Please copy out every line in the records below that includes the word "target".

_ _ _ _

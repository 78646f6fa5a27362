//! Lowers assignments. In a well-typed module the right side of an assignment has code. If the
//! right side has no code, the assignment is lowered to `WriteLine`, since some instruction has to
//! be returned.

ghost use Rattle.std.specs.Prelude.{◌≡◌, IfOk};
ghost use Rattle.ob0_tree.specs.View.{assignment_of};
ghost use Rattle.ob0_scope_table.specs.LabelledTrees.{tree_with_labels};
ghost use Rattle.ob0_run_machine.specs.LoweredSyntax as machine;
ghost use Rattle.ob0_run_machine.specs.LoweredCodeViews.{operation_with_link, number_of, operation_of, place_of, statement_of, truth_of, variable_of};
ghost use Rattle.ob0_run_lowering.specs.LoweredBodies.{LowersStatement};

use crate::{LoweredExpression, Scene};
use ob0_run_machine::code::{
    ChainLink, FirstOperand, Instruction, Number, Operation, Place, Truth, Variable,
};
use ob0_tree::Assignment;
use std::alloc::{AllocError, Global};

/// Returns the code that assigns a number to a place.
fn number_assignment(alloc: Global, place: Place, n: Number) -> Result<Instruction, AllocError>
    ensures { IfOk result
        (λ made. statement_of made ≡ machine.stores_number (place_of place) (number_of n)) }
{
    match place {
        Place::Variable(variable) => variable_assignment(alloc, variable, n),
        other => Ok(Instruction::StoreNumber(other, n)),
    }
}

/// Returns the code that assigns a number to a variable.
fn variable_assignment(
    alloc: Global,
    variable: Variable,
    n: Number,
) -> Result<Instruction, AllocError>
    ensures { IfOk result
        (λ made. statement_of made ≡ machine.stores_number (variable_of variable) (number_of n)) }
{
    match n {
        Number::Operation(operation) => {
            operation_assignment(alloc, variable, Box::into_inner(operation))
        }
        Number::Chain(chain) => Ok(Instruction::StoreChain(variable, chain)),
        other => Ok(Instruction::StoreNumberInVariable(variable, other)),
    }
}

/// Returns the code that applies a link to a variable's value, and assigns the result to the same
/// variable.
fn update_assignment(variable: Variable, link: ChainLink) -> Instruction
    ensures { statement_of result ≡ machine.stores_number (variable_of variable)
        (operation_with_link link (machine.cell (variable_of variable))) }
{
    match link {
        ChainLink::SumWithLiteral(n) => Instruction::Increase(variable, n),
        link => Instruction::Update(variable, link),
    }
}

/// Returns the code that assigns the result of an operation to a variable. If the first operand is
/// the same variable, the code is an `Update` or an `Increase`.
fn operation_assignment(
    alloc: Global,
    variable: Variable,
    operation: Operation,
) -> Result<Instruction, AllocError>
    ensures { IfOk result (λ made. statement_of made
        ≡ machine.stores_number (variable_of variable) (operation_of operation)) }
{
    let Operation { first, link } = operation;
    match first {
        FirstOperand::Variable(left) => {
            if left == variable {
                return Ok(update_assignment(variable, link));
            }
            let operation = Operation {
                first: FirstOperand::Variable(left),
                link,
            };
            let n = Number::Operation(Box::new(alloc, operation)?);
            Ok(Instruction::StoreNumberInVariable(variable, n))
        }
        first => {
            let n = Number::Operation(Box::new(alloc, Operation { first, link })?);
            Ok(Instruction::StoreNumberInVariable(variable, n))
        }
    }
}

/// Returns the code that assigns TRUE or FALSE to a place. If the place is an element whose array
/// and index are variables, the code is a single node.
fn truth_constant_assignment(place: Place, b: bool) -> Instruction
    ensures { statement_of result ≡ machine.stores_truth (place_of place) (machine.constant b) }
{
    match place {
        Place::VariableElement(row) => Instruction::StoreConstantInElement(row, b),
        other => Instruction::StoreTruth(other, Truth::Constant(b)),
    }
}

/// Returns the code that assigns a truth value to a place.
fn truth_assignment(place: Place, t: Truth) -> Instruction
    ensures { statement_of result ≡ machine.stores_truth (place_of place) (truth_of t) }
{
    match t {
        Truth::Constant(b) => truth_constant_assignment(place, b),
        other => Instruction::StoreTruth(place, other),
    }
}

/// Returns the code of the assignment `a`. The assigned value is a number, a truth, or the cells of
/// an array or a record.
pub(crate) fn lower_assignment(
    alloc: Global,
    scene: &Scene<'_, '_, '_>,
    a: &Assignment,
) -> Result<Instruction, AllocError>
    ensures { IfOk result (λ made. LowersStatement scene.now (statement_of made)
        (tree_with_labels scene.now.resolved.now (assignment_of a.now))) }
{
    let target = scene.lower_to_place(alloc, &a.target)?;
    match scene.lower_to_code(alloc, &a.value)? {
        LoweredExpression::Number(n) => number_assignment(alloc, target.place, n),
        LoweredExpression::Truth(t) => Ok(truth_assignment(target.place, t)),
        LoweredExpression::Block(from, cells) => Ok(Instruction::Copy(target.place, from, cells)),
        LoweredExpression::NoCode => Ok(Instruction::WriteLine),
    }
}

_ _ _ _

Response to this task |
    let target = scene.lower_to_place(alloc, &a.target)?;
        LoweredExpression::Number(n) => number_assignment(alloc, target.place, n),
        LoweredExpression::Truth(t) => Ok(truth_assignment(target.place, t)),
        LoweredExpression::Block(from, cells) => Ok(Instruction::Copy(target.place, from, cells)),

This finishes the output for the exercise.